Composing Features with Automunge v1.8

Don’t Stop Believing

Nicholas Teague
Automunge
9 min readMay 5, 2019

--

That time of year thou mayst in me behold

When yellow leaves, or none, or few, do hang

Upon these boughs which shake against the cold,

Bare ruin’d choirs where late the sweet birds sang.

- Shakespeare

For those that haven’t been following along, I’ve been using this forum in recent months to document the development of a Python class intended as a tool to automate and/or simplify the final steps of data processing of tabular data prior to the application of machine learning. The tool takes as input pandas dataframes and transforms the output into numerically encoded sets which can be directly fed to machine learning algorithms in the framework of a user’s choice. In addition to a few default methods for automated processing, the tool also allows a user to assign distinct processing and infill methods to specific columns. Another nifty feature includes a method for deriving infill for missing or improperly formatted data with machine learning in a fully generalized and automated fashion. Probably the most underrated feature of the tool is the capability to facilitate consistent transformations for subsequently available data with just the simplest of function calls. Finally it’s certainly worth note that this class is more than just a static tool, it’s intended as a platform allowing users to incorporate their own feature engineering functions using simple data structures to build on top of all of these built in capabilities.

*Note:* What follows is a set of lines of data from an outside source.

//! The writing of a source's messages, and how it ends.
ghost use Rattle.std.specs.Prelude.{◌≡◌, ◌≤◌, ◌++◌, [], IfOk, IfErr, IfSome, OnOk, IsTrue};
ghost use Rattle.rent_io.specs.Call.{reading, writing};
ghost use Rattle.frame_io.specs.declared.fault.Ending.TheVariants.{Fault as Ends, End};
ghost use Rattle.frame_io.specs.Decoder.{fault_of, rest_of};
ghost use Rattle.frame_io.specs.FrameReader.{standard};
ghost use Rattle.frame_io.specs.Frames.{read_frames};
ghost use Rattle.frame_run.specs.Places.{StopsFor, left_of, read_since, written_since};
ghost use Rattle.frame_run.specs.Unframing.{Reached, UnframeEnds};

use crate::lent::{Ended, LentSource, Places, give_back, lend};
use crate::line::put_bad;
use crate::output::{Unwritten, write_last, write_next};
use frame_io::{BadFrame, FrameFault, FrameReader, MOST_OFFSET, MessagePoll};
use rent_io::{ByteSink, ByteSource, Failed, SourceStream};
use std::alloc::Global;
use std::marker::Brand;
use std::sync::Wait;
use stream_util::BufReader;

/// How the writing of a source's messages ends. (not in monoio)
#[derive(Clone, Copy, Debug, PartialEq, Eq)]
pub enum Unframed {
    /// The source was read to its end, which is between messages, all was written, and the sink is flushed.
    Done,
    /// The source has a wrong piece. The lines of the messages before it and its own were written, and the sink is flushed.
    BadFrame,
    /// The source has more bytes than may be read.
    TooLong,
    /// The source failed.
    ReadFault,
    /// The sink failed.
    WriteFault,
    /// Memory ran out.
    OutOfMemory,
}

// What is read: the source, by way of a buffer.
type Input<'a, S, P> = BufReader<SourceStream<LentSource<'a, S, P>>>;

/// Reads a source as pieces of messages, at most `most` bytes, and writes the line `message C HEX` for each message, with its
/// channel and its bytes. At a wrong piece it writes the line `bad OFFSET NAME`, and no more is read. `Unframed` says when each
/// end comes. Lines are collected before they are written; those that wait are lost at an end other than `Done` and `BadFrame`.
/// It is not claimed that it ends. (not in monoio)
pub fn unframe_all<R: Wait, S: ByteSource, K: ByteSink>(
    rt: &R,
    alloc: Global,
    most: usize,
    source: &mut S,
    sink: &mut K,
) -> Unframed
    ensures { UnframeEnds S.tells K.tells most (reading S.left S.faults source.old source.new)
        (writing K.taken K.faults K.is_flushed sink.old sink.new) result }
{
    let ended = Ended {
        source,
        ending: Unframed::OutOfMemory,
    };
    let ended = unframe_at::<R, S, K, Brand>(rt, alloc, most, ended, sink);
    let Ended { source: _, ending } = ended;
    ending
}

// The same of a source and a sink at the places of the type.
fn unframe_at<'a, R: Wait, S: ByteSource, K: ByteSink, P: Places>(
    rt: &R,
    alloc: Global,
    most: usize,
    ended: Ended<'a, S>,
    sink: &mut K,
) -> Ended<'a, S>
    requires most { P.most ≡ most }
    requires source { ended.source.ghost_name ≡ P.source }
    requires left { S.left ended.source.now ≡ P.left }
    requires taken { K.taken sink.old ≡ P.taken }
    requires read_faults { S.faults ended.source.now ≡ P.read_faults }
    requires write_faults { K.faults sink.old ≡ P.write_faults }
    ensures same_source { result.source.ghost_name ≡ P.source }
    ensures ends { UnframeEnds S.tells K.tells P.most
        (read_since P.left P.read_faults (S.left result.source.now) (S.faults result.source.now))
        (written_since P.taken P.write_faults (K.taken sink.new) (K.faults sink.new) (K.is_flushed sink.new)) result.ending }
{
    let source: LentSource<'a, S, P> = lend(most, ended);
    match input_of(alloc, source) {
        Ok(input) => pump(rt, alloc, FrameReader::new(alloc, input), sink),
        Err(source) => give_back(source.why_stopped(), source),
    }
}

// A source as a stream with a buffer. If memory runs out, the same source comes back.
fn input_of<S: ByteSource>(alloc: Global, source: S) -> Result<BufReader<SourceStream<S>>, S>
    ensures ok { IfOk result (λ input. (input.inner ≡ source) × (input.held ≡ [])) }
    ensures err { IfErr result (λ back. back ≡ source) }
{
    let stream = match SourceStream::new(alloc, source) {
        Ok(stream) => stream,
        Err(back) => {
            let (_, source) = back;
            return Err(source);
        }
    };
    match BufReader::new(alloc, stream) {
        Ok(input) => Ok(input),
        Err(back) => {
            let (_, stream) = back;
            Err(stream.into_inner())
        }
    }
}

// The source of a reader. What is buffered is lost.
fn source_of<S: ByteSource>(reader: FrameReader<BufReader<SourceStream<S>>>) -> S
    ensures { result ≡ reader.inner.inner }
{
    reader.into_inner().into_inner().into_inner()
}

// Writes the lines of messages until the reading ends or a call has failed.
fn pump<'a, R: Wait, S: ByteSource, K: ByteSink, P: Places>(
    rt: &R,
    alloc: Global,
    reader: FrameReader<Input<'a, S, P>>,
    sink: &mut K,
) -> Ended<'a, S>
    requires taken { K.taken sink.old ≡ P.taken }
    requires write_faults { K.faults sink.old ≡ P.write_faults }
    requires fresh { IsTrue S.tells → rest_of reader.kept (reader.inner.held ++ left_of reader.inner.inner.over reader.inner.inner.next
        (S.left reader.inner.inner.source.now)) ≡ read_frames standard P.left }
    ensures same_source { result.source.ghost_name ≡ P.source }
    ensures ends { UnframeEnds S.tells K.tells P.most
        (read_since P.left P.read_faults (S.left result.source.now) (S.faults result.source.now))
        (written_since P.taken P.write_faults (K.taken sink.new) (K.faults sink.new) (K.is_flushed sink.new)) result.ending }
{
    let mut reader = reader;
    let mut out = Vec::new(alloc);
    for _ in rt.forever() {
        // No input that may be read has so many bytes.
        if reader.offset() >= MOST_OFFSET {
            return give_up(source_of(reader));
        }
        match reader.poll_message(0) {
            MessagePoll::Message(message) => match write_next(&message, &mut out, sink) {
                Ok(()) => {}
                Err(Unwritten::Fault) => {
                    return give_back(Unframed::WriteFault, source_of(reader));
                }
                Err(Unwritten::OutOfMemory) => return give_up(source_of(reader)),
            },
            // The input never pauses, but bytes may have been taken.
            MessagePoll::Pending | MessagePoll::Again => {}
            MessagePoll::End => return finish(rt, source_of(reader), out, sink),
            MessagePoll::Fault(fault) => {
                let offset = reader.offset();
                if let Some(bad) = bad_of(fault) {
                    return finish_bad(bad, offset, source_of(reader), out, sink);
                }
                return give_up(source_of(reader));
            }
        }
    }
    unreachable!()
}

// What is wrong with a piece, if the fault is such a one: neither of the source nor of memory.
fn bad_of(fault: FrameFault) -> Option<BadFrame>
    ensures { IfSome result (λ bad. fault ≡ fault_of bad) }
{
    match fault {
        FrameFault::Number => Some(BadFrame::Number),
        FrameFault::Large => Some(BadFrame::Large),
        FrameFault::Flag => Some(BadFrame::Flag),
        FrameFault::Channels => Some(BadFrame::Channels),
        FrameFault::Long => Some(BadFrame::Long),
        FrameFault::Cut => Some(BadFrame::Cut),
        FrameFault::Io(_) | FrameFault::OutOfMemory => None,
    }
}

// Ends here, by what is known of the source. What waits is lost.
fn give_up<'a, S: ByteSource, P: Places>(source: LentSource<'a, S, P>) -> Ended<'a, S>
    ensures ending { StopsFor source.entry.over source.entry.failures result.ending }
    ensures source { result.source.now ≡ source.entry.source.now }
    ensures same_source { result.source.ghost_name ≡ P.source }
{
    give_back(source.why_stopped(), source)
}

// Ends behind the last message: reads the source to its end, and writes the lines that wait.
fn finish<'a, R: Wait, S: ByteSource, K: ByteSink, P: Places>(
    rt: &R,
    source: LentSource<'a, S, P>,
    out: Vec<u8>,
    sink: &mut K,
) -> Ended<'a, S>
    requires order { P.write_faults ≤ K.faults sink.old }
    requires calm { IsTrue K.tells → K.faults sink.old ≡ P.write_faults }
    requires reached { IsTrue S.tells → Reached K.tells (read_frames standard P.left) End P.taken (K.taken sink.old) out.items }
    ensures same_source { result.source.ghost_name ≡ P.source }
    ensures ends { UnframeEnds S.tells K.tells P.most
        (read_since P.left P.read_faults (S.left result.source.now) (S.faults result.source.now))
        (written_since P.taken P.write_faults (K.taken sink.new) (K.faults sink.new) (K.is_flushed sink.new)) result.ending }
{
    let mut source = source;
    match read_rest(rt, &mut source) {
        Ok(()) => match write_last(out.as_slice(), sink) {
            Ok(()) => give_back(Unframed::Done, source),
            Err(_) => give_back(Unframed::WriteFault, source),
        },
        Err(_) => give_up(source),
    }
}

// Reads a source to its end. Behind the last message nothing is left.
fn read_rest<R: Wait, S: ByteSource>(rt: &R, source: &mut S) -> Result<(), Failed>
    ensures { OnOk result (IsTrue S.tells → S.left source.new ≡ []) }
{
    for _ in rt.forever() {
        let mut byte = [0];
        match source.read(&mut byte) {
            Ok(0) => return Ok(()),
            Ok(_) => {}
            Err(failed) => return Err(failed),
        }
    }
    unreachable!()
}

// Ends at a wrong piece: writes the lines that wait, and its own.
fn finish_bad<'a, S: ByteSource, K: ByteSink, P: Places>(
    bad: BadFrame,
    offset: u64,
    source: LentSource<'a, S, P>,
    out: Vec<u8>,
    sink: &mut K,
) -> Ended<'a, S>
    requires order { P.write_faults ≤ K.faults sink.old }
    requires calm { IsTrue K.tells → K.faults sink.old ≡ P.write_faults }
    requires reached { IsTrue S.tells → Reached K.tells (read_frames standard P.left) (Ends bad) P.taken (K.taken sink.old) out.items }
    requires offset { IsTrue S.tells → (read_frames standard P.left).offset ≡ offset }
    ensures same_source { result.source.ghost_name ≡ P.source }
    ensures ends { UnframeEnds S.tells K.tells P.most
        (read_since P.left P.read_faults (S.left result.source.now) (S.faults result.source.now))
        (written_since P.taken P.write_faults (K.taken sink.new) (K.faults sink.new) (K.is_flushed sink.new)) result.ending }
{
    let mut out = out;
    match put_bad(offset, bad, &mut out) {
        Ok(()) => match write_last(out.as_slice(), sink) {
            Ok(()) => give_back(Unframed::BadFrame, source),
            Err(_) => give_back(Unframed::WriteFault, source),
        },
        Err(_) => give_up(source),
    }
}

This week’s updates, in addition to attendance at a really fun charity golf tournament and concert to benefit victims of breast cancer, included a little bit of playing catchup with respect to those snafus that were noted in last week’s essay. These included an issue with power-law transformations, an issue with feature importance methods applied parallel to custom processing, as well as the implementation of feature selection methods for trimming candidate column derivations from the output. Each of these were thankfully resolved, and along the way we even got a chance to round out the library of feature engineering methods with some really neat supplemental derivations for time-series data which we’ll demonstrate below.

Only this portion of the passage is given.